I know many of us consider wine to be motorhome related but I was thinking more in the accessory/equipment line.


----------



## Grizzly (May 9, 2005)

Apart from wine we brought very little back with us this time. Even the margin on spirits is not as tempting as it used to be. There are very few things you cannot get in UK now for a comparable price. It's even the wrong time of year for olive oil and I have got tins of confit de canard from last trip.

We've browsed in European camping accessory shops and found nothing different and the prices for the same items often grossly higher than our local shop.

Not sure how motorhome related these are but I buy a stock of 20cl cartons ( small ones) of Knorr sauces particularly bechamel. The're not something I've seen in UK where we tend to go for wall-paper paste type white sauce if available and they are very useful in the van. 

We have bought maps but they've usually been because we needed one not because we couldn't get it at home.

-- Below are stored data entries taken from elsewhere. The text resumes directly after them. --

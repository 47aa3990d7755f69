ghost use Rattle.std.specs.Prelude.{◌≡◌, ℕ, ◌+◌, ◌≤◌, ◌<◌, ◌^◌, ◌∷◌, List, MatchOption, IsTrue, ◌↔◌};
ghost use Rattle.sl_top.specs.Reading.{NoDigit, HasDigits, SpellsLiteral, IsRead, NoneRead};

/// The greatest Int.
const GREATEST: u64 = 2147483647;

/// The digit at the front.
fn digit(bytes: &[u8]) -> Option<(u8, &[u8])>
    ensures { MatchOption result (NoDigit bytes.now) (λ d. (d.0 < 10) × (bytes.now ≡ (48 + d.0) ∷ d.1.now)) }
{
    match bytes.split_first() {
        Some((byte, rest)) if byte.is_ascii_digit() => Some((*byte - b'0', rest)),
        _ => None,
    }
}

/// The number that the digits at the front write, if it is an Int.
fn number(bytes: &[u8]) -> Option<(u32, &[u8])>
    ensures { MatchOption result ((n : ℕ) × (rest : List ℕ) × HasDigits bytes.now n rest × (2 ^ 31 ≤ n))
        (λ r. HasDigits bytes.now r.0 r.1.now × (r.0 < 2 ^ 31) × NoDigit r.1.now) }
{
    let mut value = 0u64;
    let mut rest = bytes;
    'digits: while let Some((next, after)) = digit(rest) {
        value = 10 * value + u64::from(next);
        if value > GREATEST {
            return None;
        }
        rest = after;
    }
    Some((value as u32, rest))
}

/// Whether a zero stands before another digit.
fn leads_with_zero(first: u8, others: &[u8]) -> bool
    ensures { IsTrue result ↔ ((first ≡ 0) × (NoDigit others.now → ⊥)) }
{
    first == 0 && digit(others).is_some()
}

/// The literal at the front: no zero leads, and no digit is left behind it.
pub fn literal(bytes: &[u8]) -> Option<(u32, &[u8])>
    ensures { MatchOption result (NoneRead SpellsLiteral bytes.now)
        (λ r. IsRead SpellsLiteral bytes.now r.0 r.1.now) }
{
    let (first, others) = digit(bytes)?;
    if leads_with_zero(first, others) {
        return None;
    }
    number(bytes)
}
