ghost use Rattle.std.specs.Prelude.{◌≡◌, List, MatchResult};
ghost use Rattle.sl_top.specs.declared.chain.Chain.{Chain};
ghost use Rattle.sl_top.specs.Reading.{IsBody};

use crate::chain::Chain;
use crate::reading::fault::ReadFault;
use crate::reading::line::is_end;
use crate::reading::term::chain;
use crate::reading::text::{behind, unindented};
use sqlite_items::Items;
use std::alloc::Global;

/// The chains that the lines behind the head print.
pub fn body(alloc: Global, bytes: &[u8]) -> Result<Items<Chain>, ReadFault>
    ensures { MatchResult result
        (λ chains. IsBody chains bytes.now ×
        ((others : List Chain) → IsBody others bytes.now → others ≡ chains))
        (λ e. e ≡ ReadFault.NotBuilt → (chains : List Chain) → IsBody chains bytes.now → ⊥) }
{
    let mut chains = Items::new(alloc);
    let mut rest = bytes;
    'lines: while let Some(inside) = behind(unindented(rest), b"println(") {
        let (next, after) = chain(alloc, inside)?;
        chains.push(next)?;
        rest = after;
    }
    if is_end(rest) {
        Ok(chains)
    } else {
        Err(ReadFault::NotBuilt)
    }
}
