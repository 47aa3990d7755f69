ghost use Rattle.std.specs.Prelude.{◌≡◌, MatchOption, MatchResult};
ghost use Rattle.sl_top.specs.Reading.{SpellsOperator, SpellsTerm, SpellsTerms, SpellsChain, IsRead, NoneRead};

use crate::chain::{Chain, Term};
use crate::operator::Operator;
use crate::reading::fault::ReadFault;
use crate::reading::literal::literal;
use crate::reading::text::behind;
use sqlite_items::Items;
use std::alloc::Global;

/// The operator at the front, with its spaces.
fn operator(bytes: &[u8]) -> Option<(Operator, &[u8])>
    ensures { MatchOption result (NoneRead SpellsOperator bytes.now)
        (λ r. IsRead SpellsOperator bytes.now r.0 r.1.now) }
{
    if let Some(rest) = behind(bytes, b" + ") {
        return Some((Operator::Add, rest));
    }
    if let Some(rest) = behind(bytes, b" - ") {
        return Some((Operator::Sub, rest));
    }
    let rest = behind(bytes, b" * ")?;
    Some((Operator::Mul, rest))
}

// A term at the front, and the rest.
fn term(bytes: &[u8]) -> Option<(Term, &[u8])>
    ensures { MatchOption result (NoneRead SpellsTerm bytes.now)
        (λ r. IsRead SpellsTerm bytes.now r.0 r.1.now) }
{
    let (op, rest) = operator(bytes)?;
    let (literal, rest) = literal(rest)?;
    Some((Term { op, literal }, rest))
}

/// The terms up to the end of the line.
fn terms(alloc: Global, bytes: &[u8]) -> Result<(Items<Term>, &[u8]), ReadFault>
    ensures { MatchResult result (λ r. IsRead SpellsTerms bytes.now r.0 r.1.now)
        (λ e. e ≡ ReadFault.NotBuilt → NoneRead SpellsTerms bytes.now) }
{
    let mut terms = Items::new(alloc);
    let mut rest = bytes;
    'terms: while let Some((next, after)) = term(rest) {
        terms.push(next)?;
        rest = after;
    }
    match behind(rest, b")\n") {
        Some(after) => Ok((terms, after)),
        None => Err(ReadFault::NotBuilt),
    }
}

/// The chain up to the end of the line.
pub fn chain(alloc: Global, bytes: &[u8]) -> Result<(Chain, &[u8]), ReadFault>
    ensures { MatchResult result (λ r. IsRead SpellsChain bytes.now r.0 r.1.now)
        (λ e. e ≡ ReadFault.NotBuilt → NoneRead SpellsChain bytes.now) }
{
    let Some((first, rest)) = literal(bytes) else {
        return Err(ReadFault::NotBuilt);
    };
    let (rest, after) = terms(alloc, rest)?;
    Ok((Chain { first, rest }, after))
}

I remember the good old days....laden with cheeses, gratin dishes, and all sorts of goodies.

G


----------



## 100836 (Sep 3, 2006)

in the lidl and aidl shops, not sure on how you spell it.....we found that the bread rolls that are in plastic wrappers and are part baked were excellent value compared to home, we were paying less than 20p for packets of 6 rolls

otherwise i have to agree not too many bargains except the cheap french beer of course :lol:


----------



## ambegayo (Jan 7, 2007)

*wise buys on continent*

Is anyone familiar with the Narbonne accessoires chain for camping gear
www.narbonneaccessoires.fr 
They were most helpful in fitting us up with the fitments for french bottle gas, since a fellow m/h er tells me that a windscreen cover is half the price than in UK. We have their catalogue and they have stores everywhere in france


----------



## autostratus (May 9, 2005)

We always bring back ground coffee as we use quite a lot. We like the Columbia blend and find it extremely cheap in France. Also filter papers for the coffee pot.
Not going to recommend a particular one as personal tastes vary and not all of us will like the same brand.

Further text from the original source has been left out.